Lack of sound cable management can also compromise high availability. That is, cables that are improperly mounted to servers such that pulling out a server wrenches out its power cables will only increase unplanned downtime. Similarly, stuffing all of your power, network, SAN, and other cables into an already crowded subfloor not only complicates cable management, but also makes troubleshooting more complex. In fact, in the case of one of my customers, too many piled-up cables actually blocked cool airflow to some of their server racks, resulting in automatic hardware-initiated power-down. Today, ceiling-mounted cable trays for network/SAN cables, combined with subfloor-based power cables, help ensure that they never succumb to this problem again.
Racks stuffed with gear from varying vendors may improperly vent or exhaust hot air. This is especially true in cases where some of the gear draws air from the front and exhausts hot air out the back, while other gear draws cool air from the subfloor and exhausts it out the top, and other gear pulls from the tops and exhausts into the subfloor!
As one of my SAP clients recently told me, BTUs are the true enemy of the data center today—the high densities and smaller and smaller form factors that we all benefit from only exacerbate the cooling needs of already-crowded data centers. Thus, it is as important as ever to plan well, and plan ahead, not only for data center growth but also for data center cooling requirements.
The Ultimate SPOF—The SAP Data Center
What will happen to your business if your entire data center falls off the face of the earth? Answering this question consumes many SAP DR specialists’ time, and keeps a lot of people awake at night. Certainly, it’s expensive to duplicate an entire data center. In my experience, I see more customers duplicate core business processing systems instead.

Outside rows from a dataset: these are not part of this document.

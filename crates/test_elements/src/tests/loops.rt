//! A whole loop: `REPI(i,n) INT(0,n,a[i]) INT(0,n,x[i]) END`, from a state in which `a` and `x` have no elements to what is read behind it.

use super::{A, I, N, NAMES, NO_VALUE, X, between, limits, named, number};
use ctd_element_changes::have_one_shape;
use ctd_elements::{Block, Bound, Cell, Fact, Filling, Index, follows, is_filled};
use ctd_limits::{as_limits, limits_of_number, next_turn};
use ctd_partitions::{
    Position, State, are_within, assign_alone, assign_element, compared, join_partitions, view_of,
    widen_partition,
};
use ctd_program::Compare;
use ctd_range::Range;
use ctd_states::{AbstractValue, Context, Pair, PossibleValues, Stop, copy_of};
use std::alloc::Global;
use std::test::Fail;

/// The numbers from one to another.
pub(super) fn numbers(low: i128, high: i128) -> PossibleValues {
    PossibleValues {
        text: None,
        number: Some(Range {
            low,
            high,
            rise: 0,
            fall: 0,
        }),
    }
}

/// No pins.
const FREE: [AbstractValue; 4] = [AbstractValue {
    may_lack: true,
    alone: NO_VALUE,
    elements: NO_VALUE,
}; 4];

/// The arrays of which UNIQUE asks whether they have values at the same indices.
const PAIRS: [Pair; 2] = [Pair { array: A, other: X }, Pair { array: X, other: A }];

/// Memory, the names, no pins, and these pairs.
pub(super) fn context(alloc: Global) -> Context<'static> {
    Context {
        alloc,
        names: &NAMES,
        pinned: &FREE,
        pairs: &PAIRS,
    }
}

/// A state in which only the count has a value.
pub(super) fn start(alloc: Global) -> Result<State, Stop> {
    let mut entries = copy_of(alloc, &FREE)?;
    entries[N] = AbstractValue {
        may_lack: false,
        alone: numbers(1, 1000),
        elements: NO_VALUE,
    };
    Ok(State {
        entries,
        facts: Vec::new(alloc),
    })
}

/// A counter from 0 up to the count.
#[derive(Clone, Copy)]
pub(super) struct Counter {
    pub(super) index: usize,
    pub(super) name: &'static [u8],
}

/// The counter `i`.
pub(super) const ROW: Counter = Counter {
    index: I,
    name: b"i",
};

/// The states where a counter compares so with the count.
pub(super) fn compared_states(
    alloc: Global,
    states: &[State],
    counter: Counter,
    by: Compare,
) -> Result<Vec<State>, Stop> {
    let own = [named(counter.index, 0)];
    let count = [named(N, 0)];
    let a = limits(&own, &own);
    let b = limits(&count, &count);
    let mut after = Vec::new(alloc);
    for state in states {
        after.push(compared(context(alloc), state, by, a, b)?)?;
    }
    Ok(after)
}

/// The states in which the first turn begins.
pub(super) fn begin_first(
    alloc: Global,
    states: &[State],
    counter: Counter,
) -> Result<Vec<State>, Stop> {
    let zero = limits_of_number(alloc, 0)?;
    let limits = as_limits(&zero);
    let mut after = Vec::new(alloc);
    for state in states {
        let possible = numbers(0, 0);
        after.push(assign_alone(context(alloc), state, counter.name, possible, limits)?)?;
    }
    compared_states(alloc, after.as_slice(), counter, Compare::Less)
}

/// The states once a counter got the number of a later turn, up to a greatest one.
pub(super) fn count_on(
    alloc: Global,
    states: &[State],
    counter: Counter,
    most: i128,
) -> Result<Vec<State>, Stop> {
    let mut after = Vec::new(alloc);
    for state in states {
        let next = next_turn(alloc, view_of(context(alloc), state), counter.index)?;
        let limits = as_limits(&next);
        let possible = numbers(1, most);
        after.push(assign_alone(context(alloc), state, counter.name, possible, limits)?)?;
    }
    Ok(after)
}

/// The states in which a later turn begins.
pub(super) fn begin_later(
    alloc: Global,
    states: &[State],
    counter: Counter,
) -> Result<Vec<State>, Stop> {
    let after = count_on(alloc, states, counter, 999)?;
    compared_states(alloc, after.as_slice(), counter, Compare::Less)
}

/// The states behind a loop, where the counter is the count, from those at the end of each turn.
pub(super) fn leave(alloc: Global, states: &[State], counter: Counter) -> Result<Vec<State>, Stop> {
    let after = count_on(alloc, states, counter, 1000)?;
    compared_states(alloc, after.as_slice(), counter, Compare::Equal)
}

/// Whether a counter is 0.
pub(super) fn is_first_turn(state: &State, counter: Counter) -> bool {
    match state.entries.as_slice().get(counter.index) {
        Some(entry) => match entry.alone.number {
            Some(range) => range.high == 0,
            None => false,
        },
        None => false,
    }
}

/// The state once the element at the counter of an array got a number from 0 to the count.
fn put(alloc: Global, state: &State, array: &[u8]) -> Result<State, Stop> {
    let cell = Some(Cell {
        first: Index::Number(named(I, 0)),
        second: None,
    });
    let first = if is_first_turn(state, ROW) {
        Some(0)
    } else {
        None
    };
    let at = Position {
        cell,
        source: None,
        number: first,
    };
    let zero = [number(0)];
    let count = [named(N, 0), number(1000)];
    let known = limits(&zero, &count);
    let possible = numbers(0, 1000);
    assign_element(context(alloc), state, array, at, possible, known)
}

/// The states once an element of each array got a number.
fn fill(alloc: Global, states: &[State]) -> Result<Vec<State>, Stop> {
    let mut after = Vec::new(alloc);
    for state in states {
        let between = put(alloc, state, b"a")?;
        after.push(put(alloc, &between, b"x")?)?;
    }
    Ok(after)
}

/// The states at the end of a turn that begins in the first turn or in a later one, which begins from a candidate.
fn turn(alloc: Global, candidate: &[State]) -> Result<Vec<State>, Stop> {
    let mut starts = Vec::new(alloc);
    starts.push(start(alloc)?)?;
    let first = begin_first(alloc, starts.as_slice(), ROW)?;
    let later = begin_later(alloc, candidate, ROW)?;
    let before = join_partitions(context(alloc), first, later.as_slice())?;
    fill(alloc, before.as_slice())
}

/// The states behind the loop, if those at the end of each turn are found within ten rounds.
fn behind(alloc: Global) -> Result<Vec<State>, Stop> {
    let mut candidate = Vec::new(alloc);
    for round in 0..10 {
        let end = turn(alloc, candidate.as_slice())?;
        if are_within(context(alloc), end.as_slice(), candidate.as_slice()) {
            return leave(alloc, candidate.as_slice(), ROW);
        }
        candidate = widen_partition(context(alloc), candidate.as_slice(), end.as_slice(), round)?;
    }
    Err(Stop::GaveUp)
}

/// All elements below the count are numbers of at most a bound.
fn all_up_to(most: Bound) -> Fact {
    Fact::Filled(Filling {
        array: A,
        block: Block {
            first: between(number(0), named(N, 0)),
            second: None,
        },
        most: Some(most),
    })
}

#[test]
fn a_loop_fills_two_arrays(rt: HostRuntime) -> Result<(), Fail> {
    let alloc = rt.alloc();
    let states = match behind(alloc) {
        Ok(states) => states,
        Err(_) => panic!(&rt; "given up"),
    };
    let zero = [number(0)];
    let last = [named(N, -1)];
    let count = [named(N, 0)];
    if states.is_empty() {
        panic!(&rt; "no run comes behind the loop");
    }
    for state in states.as_slice() {
        let view = view_of(context(alloc), state);
        if !is_filled(view, A, limits(&zero, &last), None) {
            panic!(&rt; "up to the last");
        }
        if is_filled(view, A, limits(&zero, &count), None) {
            panic!(&rt; "behind the last");
        }
        if !follows(view, all_up_to(named(N, 0))) {
            panic!(&rt; "the greatest value");
        }
        if follows(view, all_up_to(named(N, -1))) {
            panic!(&rt; "less than the greatest value");
        }
        if !have_one_shape(view, A, X) {
            panic!(&rt; "one shape");
        }
        if have_one_shape(view, A, N) {
            panic!(&rt; "the shape of a number");
        }
    }
    Ok(())
}
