//! Which elements have values where they are read, and what is known of the values of expressions.

use super::loops::context;
use super::{A, ENTRIES, I, N, between, filled, limits, multiple, named, number, state_of};
use ctd_elements::{Bound, Fact, is_filled, is_up_to};
use ctd_limits::as_limits;
use ctd_partitions::State;
use ctd_program::Action;
use ctd_syntax::parse;
use ctd_transfer::{Evaluation, evaluate};
use std::alloc::Global;
use std::process::Abort;
use std::test::Fail;

#[test]
fn elements_that_are_read(rt: HostRuntime) {
    let facts = [filled(between(number(0), named(N, 0)))];
    let state = state_of(&facts);
    let zero = [number(0)];
    let last = [named(N, -1)];
    let count = [named(N, 0)];
    let negative = [number(-1)];
    if !is_filled(state, A, limits(&zero, &last), None) {
        panic!(&rt; "up to the last");
    }
    if is_filled(state, A, limits(&zero, &count), None) {
        panic!(&rt; "behind the last");
    }
    if is_filled(state, A, limits(&negative, &last), None) {
        panic!(&rt; "before the first");
    }
    if is_filled(state, I, limits(&zero, &last), None) {
        panic!(&rt; "another array");
    }
}

/// What the value of the first assignment of a text may be.
fn assigned_value(
    rt: &impl Abort,
    alloc: Global,
    facts: &[Fact],
    text: &str,
) -> Result<Evaluation, Fail> {
    let state = State {
        entries: ENTRIES.to_vec(alloc)?,
        facts: facts.to_vec(alloc)?,
    };
    let program = parse(alloc, text.as_bytes())?;
    for command in program.commands() {
        if let Action::Set(assignments) = &command.action {
            for a in assignments.as_slice() {
                match evaluate(&a.value, context(alloc), &state) {
                    Ok(value) => return Ok(value),
                    Err(_) => panic!(rt; "given up"),
                }
            }
        }
    }
    panic!(rt; "no assignment")
}

#[test]
fn bounds_of_expressions(rt: HostRuntime) -> Result<(), Fail> {
    let alloc = rt.alloc();
    let facts = [Fact::AtMost(named(I, 0), named(N, -1))];
    let rows = [
        ("SET(x=7)", number(7), true),
        ("SET(x=7)", number(6), false),
        ("SET(x=i+1)", named(N, 0), true),
        ("SET(x=i+2)", named(N, 0), false),
        ("SET(x=2*i+1)", multiple(2, N, -1), true),
        ("SET(x=2*i+1)", multiple(2, N, -2), false),
        ("SET(x=i+n)", multiple(2, N, -1), true),
        ("SET(x=n-1-i)", named(N, -1), true),
        ("SET(x=n-1-i)", named(N, -2), false),
        ("SET(x=i%n)", named(N, -1), true),
        ("SET(x=i/2)", named(N, -1), true),
        ("SET(x=i/2)", named(N, -2), false),
    ];
    for (text, most, wanted) in rows {
        let value = assigned_value(&rt, alloc, &facts, text)?;
        if is_up_to(state_of(&facts), as_limits(&value.limits), most) != wanted {
            panic!(&rt; "{text}");
        }
    }
    Ok(())
}

#[test]
fn divisors_that_are_not_zero(rt: HostRuntime) -> Result<(), Fail> {
    let alloc = rt.alloc();
    let facts = [
        Fact::Unequal(named(I, 0), named(N, 0)),
        Fact::Unequal(named(I, 0), number(0)),
    ];
    let rows = [
        ("SET(x=9/(i-n))", false),
        ("SET(x=9%(n-i))", false),
        ("SET(x=9/((i+1)-(n+1)))", false),
        ("SET(x=9/i)", false),
        ("SET(x=9/(i-n-1))", true),
        ("SET(x=9/(i-1))", true),
        ("SET(x=(9/(i-1))/(i-n))", true),
        ("SET(x=9/(9/(i-1)-9/(i-2)))", true),
    ];
    for (text, wanted) in rows {
        let value = assigned_value(&rt, alloc, &facts, text)?;
        if value.found.faults.division_by_zero != wanted {
            panic!(&rt; "{text}");
        }
    }
    Ok(())
}
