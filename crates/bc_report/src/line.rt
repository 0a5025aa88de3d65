//! A line is built backwards, from its last byte to its first: the digits of a number are found in that order, so each goes straight into
//! its place.
ghost use Rattle.std.specs.Prelude.{◌≡◌, ◌≤◌, ◌+◌, ◌++◌, length, drop, decimal};

use itoa::write_digits;

/// Writes a text right before `end`, and returns where it begins.
#[inline(always)]
pub(crate) fn put(text: &[u8], line: &mut [u8], end: usize) -> usize
    requires { (length text.now ≤ end) × (end ≤ length line.old) }
    ensures start { result + length text.now ≡ end }
    ensures written { drop result line.new ≡ text.now ++ drop end line.old }
{
    let start = end - text.len();
    line[start..end].copy_from_slice(text);
    start
}

/// Writes a number right before `end`, and returns where it begins. A number has at most 20 digits.
#[inline(always)]
#[tactic(auto, using(crate::proofs::Numbers::decimal_has_20_digits))]
pub(crate) fn put_number(number: u64, line: &mut [u8], end: usize) -> usize
    requires { (20 ≤ end) × (end ≤ length line.old) }
    ensures start { result + length (decimal number) ≡ end }
    ensures room { end ≤ result + 20 }
    ensures written { drop result line.new ≡ decimal number ++ drop end line.old }
{
    write_digits(number, line, end)
}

Other key concerns include the following points:
DR sites are expensive to build.
They are also expensive to maintain.
Testing a DR site is expensive, too.
Further, testing seldom reflects the reality of true disasters without a tremendous amount of time invested in developing and working through disaster scenarios.
It can be difficult to sell a management team on the idea of spending a pile of budget money on a resource that will hopefully never be “used.”
I therefore like to identify the hidden benefits of a DR site outside of the most obvious benefit—protection of your core business (which should be enough to satisfy anyone). These include leveraging the DR site for end-user reporting requirements, using the site for testing major infrastructure changes, and using it for pre-upgrade testing/staging. Staging your pre-production systems at your DR site with the strategy of using them in the event of a primary data center failure can also ease financial pressures associated with building a DR site. Finally, using your DR site as the definitive testing ground in your change control or change management processes, prior to deploying changes to production, represents a huge benefit as well.
Barring selling management on any of the benefits just discussed, another perhaps even better approach can be taken. Rather than spending a fortune on idle computing resources, a company might consider outsourcing their DR needs on a “computing on demand” basis instead, where computing resources are paid for as needed. A monthly “access” or “”availability” fee is typical, of course. In the long run, though, the savings can be huge. Large SAP outsourcers are doing more and more of this type of DR service, including HP, Cap Gemini Ernst & Young (CGEY), and others.